- [WORK TASK]
Filter the entries that follow, copying every line in which the word "position" appears.

- [RECORDS PROVIDED]
——————————
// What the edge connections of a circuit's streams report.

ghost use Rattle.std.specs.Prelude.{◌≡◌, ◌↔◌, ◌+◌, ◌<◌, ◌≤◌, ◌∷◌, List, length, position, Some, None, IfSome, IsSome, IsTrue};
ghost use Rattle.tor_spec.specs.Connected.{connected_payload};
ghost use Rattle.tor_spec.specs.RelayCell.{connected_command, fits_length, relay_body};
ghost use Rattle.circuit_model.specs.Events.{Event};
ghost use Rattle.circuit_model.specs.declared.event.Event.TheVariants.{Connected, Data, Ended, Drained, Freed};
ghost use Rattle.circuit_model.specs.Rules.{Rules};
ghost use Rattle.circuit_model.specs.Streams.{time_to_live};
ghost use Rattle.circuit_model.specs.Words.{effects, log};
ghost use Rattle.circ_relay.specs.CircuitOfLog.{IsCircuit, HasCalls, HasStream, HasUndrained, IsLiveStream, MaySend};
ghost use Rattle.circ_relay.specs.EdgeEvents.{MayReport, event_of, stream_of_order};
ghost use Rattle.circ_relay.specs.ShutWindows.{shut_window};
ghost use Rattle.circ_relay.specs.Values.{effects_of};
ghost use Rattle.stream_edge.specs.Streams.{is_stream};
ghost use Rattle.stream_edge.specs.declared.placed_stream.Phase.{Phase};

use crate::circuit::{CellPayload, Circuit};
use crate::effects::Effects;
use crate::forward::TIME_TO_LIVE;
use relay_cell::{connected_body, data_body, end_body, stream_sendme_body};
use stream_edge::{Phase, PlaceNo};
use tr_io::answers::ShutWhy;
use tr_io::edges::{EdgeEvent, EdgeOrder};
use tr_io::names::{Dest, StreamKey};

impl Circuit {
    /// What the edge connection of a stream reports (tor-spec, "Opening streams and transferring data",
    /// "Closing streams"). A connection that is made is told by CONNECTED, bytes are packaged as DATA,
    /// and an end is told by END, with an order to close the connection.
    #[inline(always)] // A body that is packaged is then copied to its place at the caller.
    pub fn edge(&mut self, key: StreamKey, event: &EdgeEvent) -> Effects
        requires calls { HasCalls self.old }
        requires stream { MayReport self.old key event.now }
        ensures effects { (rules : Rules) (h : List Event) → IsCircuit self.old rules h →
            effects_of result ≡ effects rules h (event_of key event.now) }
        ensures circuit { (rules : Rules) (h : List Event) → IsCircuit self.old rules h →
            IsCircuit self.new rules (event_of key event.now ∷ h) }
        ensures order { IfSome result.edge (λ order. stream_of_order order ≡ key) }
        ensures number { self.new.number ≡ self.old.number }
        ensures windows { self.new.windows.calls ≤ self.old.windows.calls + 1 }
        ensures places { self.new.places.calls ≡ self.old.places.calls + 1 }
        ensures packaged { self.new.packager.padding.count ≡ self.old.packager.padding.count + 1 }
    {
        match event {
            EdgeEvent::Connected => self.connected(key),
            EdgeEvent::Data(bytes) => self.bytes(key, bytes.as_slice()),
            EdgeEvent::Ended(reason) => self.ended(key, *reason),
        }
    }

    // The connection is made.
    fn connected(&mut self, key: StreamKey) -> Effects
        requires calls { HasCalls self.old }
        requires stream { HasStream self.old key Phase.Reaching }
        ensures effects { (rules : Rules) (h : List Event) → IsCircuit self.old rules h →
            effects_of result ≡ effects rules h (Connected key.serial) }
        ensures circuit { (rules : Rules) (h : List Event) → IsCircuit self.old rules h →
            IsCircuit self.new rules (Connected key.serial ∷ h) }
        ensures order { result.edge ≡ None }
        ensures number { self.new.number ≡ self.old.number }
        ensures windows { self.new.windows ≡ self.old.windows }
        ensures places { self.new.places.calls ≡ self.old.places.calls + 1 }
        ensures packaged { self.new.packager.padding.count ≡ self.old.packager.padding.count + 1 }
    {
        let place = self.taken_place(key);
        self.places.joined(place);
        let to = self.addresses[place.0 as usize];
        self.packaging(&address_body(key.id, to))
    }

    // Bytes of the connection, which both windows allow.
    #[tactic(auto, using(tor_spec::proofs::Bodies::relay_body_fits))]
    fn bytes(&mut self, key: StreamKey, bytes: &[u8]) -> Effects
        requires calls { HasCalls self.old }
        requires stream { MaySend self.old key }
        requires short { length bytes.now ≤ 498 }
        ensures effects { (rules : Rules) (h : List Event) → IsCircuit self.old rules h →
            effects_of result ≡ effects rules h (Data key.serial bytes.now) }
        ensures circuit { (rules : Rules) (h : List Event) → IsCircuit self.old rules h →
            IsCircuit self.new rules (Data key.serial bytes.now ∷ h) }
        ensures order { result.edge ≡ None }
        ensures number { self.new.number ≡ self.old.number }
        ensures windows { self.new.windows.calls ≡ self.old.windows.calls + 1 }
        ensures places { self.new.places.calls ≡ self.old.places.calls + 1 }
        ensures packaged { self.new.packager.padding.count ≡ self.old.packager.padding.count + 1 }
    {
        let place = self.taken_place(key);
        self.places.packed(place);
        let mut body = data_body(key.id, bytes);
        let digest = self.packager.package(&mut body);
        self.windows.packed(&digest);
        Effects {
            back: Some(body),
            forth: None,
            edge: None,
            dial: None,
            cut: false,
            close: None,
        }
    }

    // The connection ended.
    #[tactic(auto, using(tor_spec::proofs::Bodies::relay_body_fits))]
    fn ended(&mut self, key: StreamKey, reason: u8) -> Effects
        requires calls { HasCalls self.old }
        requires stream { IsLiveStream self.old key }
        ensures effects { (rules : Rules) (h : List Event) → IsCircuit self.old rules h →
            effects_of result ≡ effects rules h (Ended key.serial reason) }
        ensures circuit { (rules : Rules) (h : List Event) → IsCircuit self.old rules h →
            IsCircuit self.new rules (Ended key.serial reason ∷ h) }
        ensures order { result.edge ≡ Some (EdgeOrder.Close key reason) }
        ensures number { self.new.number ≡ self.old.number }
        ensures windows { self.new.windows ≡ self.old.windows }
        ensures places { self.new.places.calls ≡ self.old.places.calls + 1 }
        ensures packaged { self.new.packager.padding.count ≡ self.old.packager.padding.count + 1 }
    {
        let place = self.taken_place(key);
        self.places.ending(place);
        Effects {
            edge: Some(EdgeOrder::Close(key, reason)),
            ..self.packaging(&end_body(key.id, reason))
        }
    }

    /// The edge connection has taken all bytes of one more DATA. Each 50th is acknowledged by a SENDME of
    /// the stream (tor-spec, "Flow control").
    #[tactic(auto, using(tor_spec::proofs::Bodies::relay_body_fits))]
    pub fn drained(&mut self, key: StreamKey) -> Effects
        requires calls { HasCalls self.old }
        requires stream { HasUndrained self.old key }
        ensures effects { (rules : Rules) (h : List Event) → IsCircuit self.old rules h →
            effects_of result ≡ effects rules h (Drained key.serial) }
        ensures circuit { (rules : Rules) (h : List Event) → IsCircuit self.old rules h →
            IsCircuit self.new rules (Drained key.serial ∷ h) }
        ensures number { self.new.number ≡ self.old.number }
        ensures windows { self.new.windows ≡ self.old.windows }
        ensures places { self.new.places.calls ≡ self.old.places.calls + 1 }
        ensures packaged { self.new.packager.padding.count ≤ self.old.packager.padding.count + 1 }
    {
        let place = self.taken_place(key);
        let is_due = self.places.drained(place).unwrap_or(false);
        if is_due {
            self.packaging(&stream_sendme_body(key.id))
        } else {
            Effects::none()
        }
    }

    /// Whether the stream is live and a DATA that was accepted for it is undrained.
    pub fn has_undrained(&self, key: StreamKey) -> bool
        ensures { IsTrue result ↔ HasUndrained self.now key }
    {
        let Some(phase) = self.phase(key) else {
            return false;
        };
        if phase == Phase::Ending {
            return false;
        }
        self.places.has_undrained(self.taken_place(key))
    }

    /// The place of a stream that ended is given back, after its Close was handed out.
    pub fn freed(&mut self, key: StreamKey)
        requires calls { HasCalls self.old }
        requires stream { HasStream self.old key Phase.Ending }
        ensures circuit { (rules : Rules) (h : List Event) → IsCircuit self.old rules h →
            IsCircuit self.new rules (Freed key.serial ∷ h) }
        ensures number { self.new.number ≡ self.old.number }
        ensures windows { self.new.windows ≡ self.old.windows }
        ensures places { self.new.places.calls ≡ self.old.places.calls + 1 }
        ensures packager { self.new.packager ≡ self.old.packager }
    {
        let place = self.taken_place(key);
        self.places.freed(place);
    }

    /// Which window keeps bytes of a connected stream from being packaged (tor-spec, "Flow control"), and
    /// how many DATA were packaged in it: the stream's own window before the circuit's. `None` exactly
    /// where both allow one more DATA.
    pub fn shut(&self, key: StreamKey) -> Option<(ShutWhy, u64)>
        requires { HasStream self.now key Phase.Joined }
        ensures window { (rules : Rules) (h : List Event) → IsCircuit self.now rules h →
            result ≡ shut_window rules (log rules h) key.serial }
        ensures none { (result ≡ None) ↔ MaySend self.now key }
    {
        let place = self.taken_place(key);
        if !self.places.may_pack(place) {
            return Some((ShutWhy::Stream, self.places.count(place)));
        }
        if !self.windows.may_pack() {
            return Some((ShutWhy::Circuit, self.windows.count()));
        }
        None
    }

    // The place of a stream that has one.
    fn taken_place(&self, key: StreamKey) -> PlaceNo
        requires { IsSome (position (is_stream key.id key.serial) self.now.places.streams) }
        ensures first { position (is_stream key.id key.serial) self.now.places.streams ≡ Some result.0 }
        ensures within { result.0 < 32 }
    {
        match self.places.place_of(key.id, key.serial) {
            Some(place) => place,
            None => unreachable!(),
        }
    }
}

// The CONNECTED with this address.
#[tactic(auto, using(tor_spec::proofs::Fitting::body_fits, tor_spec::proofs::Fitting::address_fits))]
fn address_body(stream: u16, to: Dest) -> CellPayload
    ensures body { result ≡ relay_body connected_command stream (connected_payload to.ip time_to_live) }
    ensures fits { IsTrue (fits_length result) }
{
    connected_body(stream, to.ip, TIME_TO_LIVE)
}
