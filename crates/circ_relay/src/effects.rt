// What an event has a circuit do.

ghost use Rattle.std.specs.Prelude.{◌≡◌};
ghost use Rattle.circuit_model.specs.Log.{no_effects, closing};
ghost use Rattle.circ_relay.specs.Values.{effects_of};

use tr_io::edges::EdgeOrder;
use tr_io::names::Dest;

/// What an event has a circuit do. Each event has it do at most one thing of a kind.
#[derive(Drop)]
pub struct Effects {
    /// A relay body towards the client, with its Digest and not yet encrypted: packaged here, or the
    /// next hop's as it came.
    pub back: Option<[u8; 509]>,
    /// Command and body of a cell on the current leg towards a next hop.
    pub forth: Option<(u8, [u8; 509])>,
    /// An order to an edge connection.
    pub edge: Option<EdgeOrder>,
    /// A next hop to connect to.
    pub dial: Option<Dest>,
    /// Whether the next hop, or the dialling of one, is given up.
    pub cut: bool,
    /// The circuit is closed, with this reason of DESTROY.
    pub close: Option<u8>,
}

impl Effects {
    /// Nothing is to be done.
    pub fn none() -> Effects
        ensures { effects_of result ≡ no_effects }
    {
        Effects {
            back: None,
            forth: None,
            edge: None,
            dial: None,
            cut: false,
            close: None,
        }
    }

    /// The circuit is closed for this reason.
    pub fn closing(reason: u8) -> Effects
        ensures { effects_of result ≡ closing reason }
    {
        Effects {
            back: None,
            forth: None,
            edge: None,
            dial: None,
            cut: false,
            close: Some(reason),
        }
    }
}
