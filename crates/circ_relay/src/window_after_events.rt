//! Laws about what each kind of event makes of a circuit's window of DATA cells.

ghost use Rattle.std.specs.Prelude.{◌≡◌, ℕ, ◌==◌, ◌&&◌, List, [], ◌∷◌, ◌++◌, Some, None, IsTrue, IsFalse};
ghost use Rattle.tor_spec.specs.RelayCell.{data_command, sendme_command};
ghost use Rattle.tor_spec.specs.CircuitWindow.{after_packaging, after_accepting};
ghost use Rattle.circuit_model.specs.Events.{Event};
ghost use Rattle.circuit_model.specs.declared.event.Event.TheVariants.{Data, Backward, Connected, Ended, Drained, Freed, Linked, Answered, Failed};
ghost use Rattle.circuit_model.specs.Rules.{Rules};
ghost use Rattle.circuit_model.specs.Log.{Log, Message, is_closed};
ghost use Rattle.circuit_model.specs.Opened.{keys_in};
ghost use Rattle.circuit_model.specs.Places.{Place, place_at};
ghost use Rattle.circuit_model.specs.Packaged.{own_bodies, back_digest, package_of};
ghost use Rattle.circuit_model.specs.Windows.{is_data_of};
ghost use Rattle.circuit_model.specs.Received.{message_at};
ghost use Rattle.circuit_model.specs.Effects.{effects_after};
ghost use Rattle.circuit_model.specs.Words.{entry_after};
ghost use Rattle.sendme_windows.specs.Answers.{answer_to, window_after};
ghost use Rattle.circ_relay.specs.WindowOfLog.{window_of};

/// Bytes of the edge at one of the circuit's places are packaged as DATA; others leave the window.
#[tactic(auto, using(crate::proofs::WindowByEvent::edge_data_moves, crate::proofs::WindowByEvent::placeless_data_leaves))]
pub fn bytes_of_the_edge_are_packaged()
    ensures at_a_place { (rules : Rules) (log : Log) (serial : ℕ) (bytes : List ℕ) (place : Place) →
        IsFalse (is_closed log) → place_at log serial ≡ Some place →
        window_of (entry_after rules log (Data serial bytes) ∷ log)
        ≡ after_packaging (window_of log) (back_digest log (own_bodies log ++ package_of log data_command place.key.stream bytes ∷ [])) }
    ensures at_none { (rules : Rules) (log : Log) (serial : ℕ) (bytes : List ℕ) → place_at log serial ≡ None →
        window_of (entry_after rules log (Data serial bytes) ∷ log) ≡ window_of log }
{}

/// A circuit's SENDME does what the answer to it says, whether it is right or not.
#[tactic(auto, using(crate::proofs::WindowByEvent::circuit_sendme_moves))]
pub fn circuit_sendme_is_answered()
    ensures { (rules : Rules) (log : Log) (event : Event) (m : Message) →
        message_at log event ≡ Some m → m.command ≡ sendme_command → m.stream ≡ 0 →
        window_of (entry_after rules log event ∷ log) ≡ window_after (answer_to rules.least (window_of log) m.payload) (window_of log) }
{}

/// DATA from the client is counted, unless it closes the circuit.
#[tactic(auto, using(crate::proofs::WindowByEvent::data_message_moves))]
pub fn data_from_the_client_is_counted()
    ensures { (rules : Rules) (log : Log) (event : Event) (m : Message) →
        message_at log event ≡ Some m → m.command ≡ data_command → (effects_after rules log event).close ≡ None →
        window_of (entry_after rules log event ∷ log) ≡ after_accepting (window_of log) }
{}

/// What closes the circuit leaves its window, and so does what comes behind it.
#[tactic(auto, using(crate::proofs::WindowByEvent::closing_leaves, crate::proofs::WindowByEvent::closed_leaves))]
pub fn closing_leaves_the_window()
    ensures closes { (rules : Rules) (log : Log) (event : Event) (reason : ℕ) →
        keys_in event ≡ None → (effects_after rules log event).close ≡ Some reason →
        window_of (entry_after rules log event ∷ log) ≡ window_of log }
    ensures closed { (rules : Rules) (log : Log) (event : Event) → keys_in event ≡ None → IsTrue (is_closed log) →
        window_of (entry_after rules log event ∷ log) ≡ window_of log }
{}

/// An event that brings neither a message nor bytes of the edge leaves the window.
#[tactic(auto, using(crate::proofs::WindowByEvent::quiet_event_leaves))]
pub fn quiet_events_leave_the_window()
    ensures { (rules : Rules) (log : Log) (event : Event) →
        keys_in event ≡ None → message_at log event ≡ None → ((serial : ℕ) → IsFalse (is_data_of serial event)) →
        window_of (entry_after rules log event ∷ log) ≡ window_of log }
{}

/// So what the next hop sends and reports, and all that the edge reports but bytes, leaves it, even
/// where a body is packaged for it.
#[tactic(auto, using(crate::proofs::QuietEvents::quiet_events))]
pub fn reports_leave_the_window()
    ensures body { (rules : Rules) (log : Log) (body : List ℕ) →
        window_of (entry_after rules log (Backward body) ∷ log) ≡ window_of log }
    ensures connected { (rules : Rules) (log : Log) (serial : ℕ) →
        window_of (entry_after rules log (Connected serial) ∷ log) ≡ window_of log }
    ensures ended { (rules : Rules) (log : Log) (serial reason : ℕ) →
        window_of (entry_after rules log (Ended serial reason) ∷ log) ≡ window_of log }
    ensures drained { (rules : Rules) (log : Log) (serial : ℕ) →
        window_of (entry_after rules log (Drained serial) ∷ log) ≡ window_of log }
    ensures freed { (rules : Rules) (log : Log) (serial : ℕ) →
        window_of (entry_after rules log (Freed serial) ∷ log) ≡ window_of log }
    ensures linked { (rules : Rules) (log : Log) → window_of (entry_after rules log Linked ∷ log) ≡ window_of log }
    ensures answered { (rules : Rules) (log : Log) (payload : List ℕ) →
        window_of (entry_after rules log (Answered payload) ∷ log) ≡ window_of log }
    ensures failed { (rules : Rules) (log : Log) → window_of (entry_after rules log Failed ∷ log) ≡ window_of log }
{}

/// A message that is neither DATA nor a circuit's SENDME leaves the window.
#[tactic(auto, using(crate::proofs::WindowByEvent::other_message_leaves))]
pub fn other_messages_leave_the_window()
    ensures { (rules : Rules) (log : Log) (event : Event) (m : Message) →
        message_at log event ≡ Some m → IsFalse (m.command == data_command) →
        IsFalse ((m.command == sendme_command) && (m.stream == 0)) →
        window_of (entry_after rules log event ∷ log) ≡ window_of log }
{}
——————————
- [TASK OUTPUT]
ghost use Rattle.std.specs.Prelude.{◌≡◌, ◌↔◌, ◌+◌, ◌<◌, ◌≤◌, ◌∷◌, List, length, position, Some, None, IfSome, IsSome, IsTrue};
        requires { IsSome (position (is_stream key.id key.serial) self.now.places.streams) }
        ensures first { position (is_stream key.id key.serial) self.now.places.streams ≡ Some result.0 }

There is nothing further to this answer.